Shafts adapted as adjustment screws and the like, can be manually rotated to effect some type of adjustment by forming some sort of drive tool receiving structure at the end of or on the shaft, and using a correspondingly adapted driving tool to rotate the shaft. A typical drive tool receiving structure can include a hexagonal-shaped head (hex-heads) provided at the end of the shaft for use with conventional wrenches. Another common shaft drive arrangement can include a plurality of slots cut into the shaft such that they extend parallel with the axis of the shaft around the perimeter thereof. Rotation of the shaft is effected by inserting a screwdriver or similar object into one of the slots and prying in the direction of the desired rotation of the shaft. After some amount of rotation is achieved, the screwdriver is removed and reinserted into the end of the slot for further rotation.
There are several disadvantages associated with the above method. One disadvantage is that a separate drive tool must be provided. Another disadvantage is that the drive tool must be repeatedly removed from and then reinserted in the drive tool receiving structure for every rotational stroke of the shaft. This becomes very tedious if the shaft requires many revolutions.

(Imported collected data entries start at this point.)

//! Lines that list entries.
ghost use Rattle.std.specs.Prelude.{◌≡◌, ◌++◌, OnOk, codes};
ghost use Rattle.std.specs.List.{flat_map};
ghost use Rattle.rp_print.specs.ListText.{fractions_text, line_of, list_text, numbers_text};
ghost use Rattle.rp_print.specs.ListText.{ordinals_text, over_text, sums_text};

use crate::entry::{Fraction, LongNumber, Number, Ordinal, Print, Signed};
use crate::line::push_after;
use rp_num::{Frac, NoMemory};
use std::alloc::Global;

/// Appends a line that lists numbers after a word.
pub fn push_numbers(
    alloc: Global,
    out: &mut Vec<u8>,
    word: &[u8],
    numbers: &[u32],
) -> Result<(), NoMemory>
    ensures { OnOk result (
        out.new.items ≡ out.old.items ++ line_of (word.now ++ numbers_text numbers.now)) }
{
    push_list_line::<Number>(alloc, out, word, numbers)
}

/// Appends a line that lists numbers of 64 bits after a word.
pub fn push_long_numbers(
    alloc: Global,
    out: &mut Vec<u8>,
    word: &[u8],
    numbers: &[u64],
) -> Result<(), NoMemory>
    ensures { OnOk result (
        out.new.items ≡ out.old.items ++ line_of (word.now ++ numbers_text numbers.now)) }
{
    push_list_line::<LongNumber>(alloc, out, word, numbers)
}

/// Appends a line that lists numbers from 0 after a word, each printed from 1.
pub fn push_ordinals(
    alloc: Global,
    out: &mut Vec<u8>,
    word: &[u8],
    ordinals: &[u32],
) -> Result<(), NoMemory>
    ensures { OnOk result (
        out.new.items ≡ out.old.items ++ line_of (word.now ++ ordinals_text ordinals.now)) }
{
    push_list_line::<Ordinal>(alloc, out, word, ordinals)
}

/// Appends a line that lists whole numbers after a word.
pub fn push_sums(
    alloc: Global,
    out: &mut Vec<u8>,
    word: &[u8],
    sums: &[i128],
) -> Result<(), NoMemory>
    ensures { OnOk result (
        out.new.items ≡ out.old.items ++ line_of (word.now ++ sums_text sums.now)) }
{
    push_list_line::<Signed>(alloc, out, word, sums)
}

/// Appends a line that lists fractions after a word.
pub fn push_fractions(
    alloc: Global,
    out: &mut Vec<u8>,
    word: &[u8],
    fractions: &[Frac],
) -> Result<(), NoMemory>
    ensures { OnOk result (
        out.new.items ≡ out.old.items ++ line_of (word.now ++ fractions_text fractions.now)) }
{
    push_list_line::<Fraction>(alloc, out, word, fractions)
}

/// Appends a line that lists numerators after a word, and then their denominator.
pub fn push_numbers_over(
    alloc: Global,
    out: &mut Vec<u8>,
    word: &[u8],
    numbers: &[u64],
    den: u64,
) -> Result<(), NoMemory>
    ensures { OnOk result (
        out.new.items ≡ out.old.items ++ line_of (word.now ++ over_text numbers.now den)) }
{
    out.extend_from_slice(word)?;
    push_list::<LongNumber>(alloc, out, numbers)?;
    push_after::<LongNumber>(alloc, out, b" over ", den)?;
    out.push(b'\n')?;
    Ok(())
}

/// Appends a line that lists entries after a word.
fn push_list_line<P: Print>(
    alloc: Global,
    out: &mut Vec<u8>,
    word: &[u8],
    entries: &[P::Entry],
) -> Result<(), NoMemory>
    ensures { OnOk result (
        out.new.items ≡ out.old.items ++ line_of (word.now ++ list_text P.text entries.now)) }
{
    out.extend_from_slice(word)?;
    push_list::<P>(alloc, out, entries)?;
    out.push(b'\n')?;
    Ok(())
}

/// Appends entries with one space between them; `none` for no entries.
pub fn push_list<P: Print>(
    alloc: Global,
    out: &mut Vec<u8>,
    entries: &[P::Entry],
) -> Result<(), NoMemory>
    ensures { OnOk result (out.new.items ≡ out.old.items ++ list_text P.text entries.now) }
{
    match entries {
        [] => {
            out.extend_from_slice(b"none")?;
            Ok(())
        }
        [first, others @ ..] => {
            P::push(alloc, out, *first)?;
            push_others::<P>(alloc, out, others)
        }
    }
}

/// Appends entries, each after a space.
fn push_others<P: Print>(
    alloc: Global,
    out: &mut Vec<u8>,
    entries: &[P::Entry],
) -> Result<(), NoMemory>
    ensures { OnOk result (
        out.new.items ≡ out.old.items
        ++ flat_map (λ entry. codes " " ++ P.text entry) entries.now) }
{
    for entry in entries {
        out.extend_from_slice(b" ")?;
        P::push(alloc, out, *entry)?;
    }
    Ok(())
}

A further disadvantage of the above method is that that there must be adequate physical access or clearance to the drive tool receiving structure to allow an effective stroke angle. If physical access or clearance to the drive tool receiving structure is inadequate, the stroke can be limited to a small angle that will not be effective in rotating shaft. In the case of shafts with hex-heads, there must be adequate clearance for placing the wrench over the next set of hex-head flats. In the case of the slotted shafts, the slot dimension and mechanical slop between the screwdriver and the slot limit the stroke angle.
Accordingly, an improved method for rotating a shaft is required that substantially eliminates the disadvantages associated with the above method.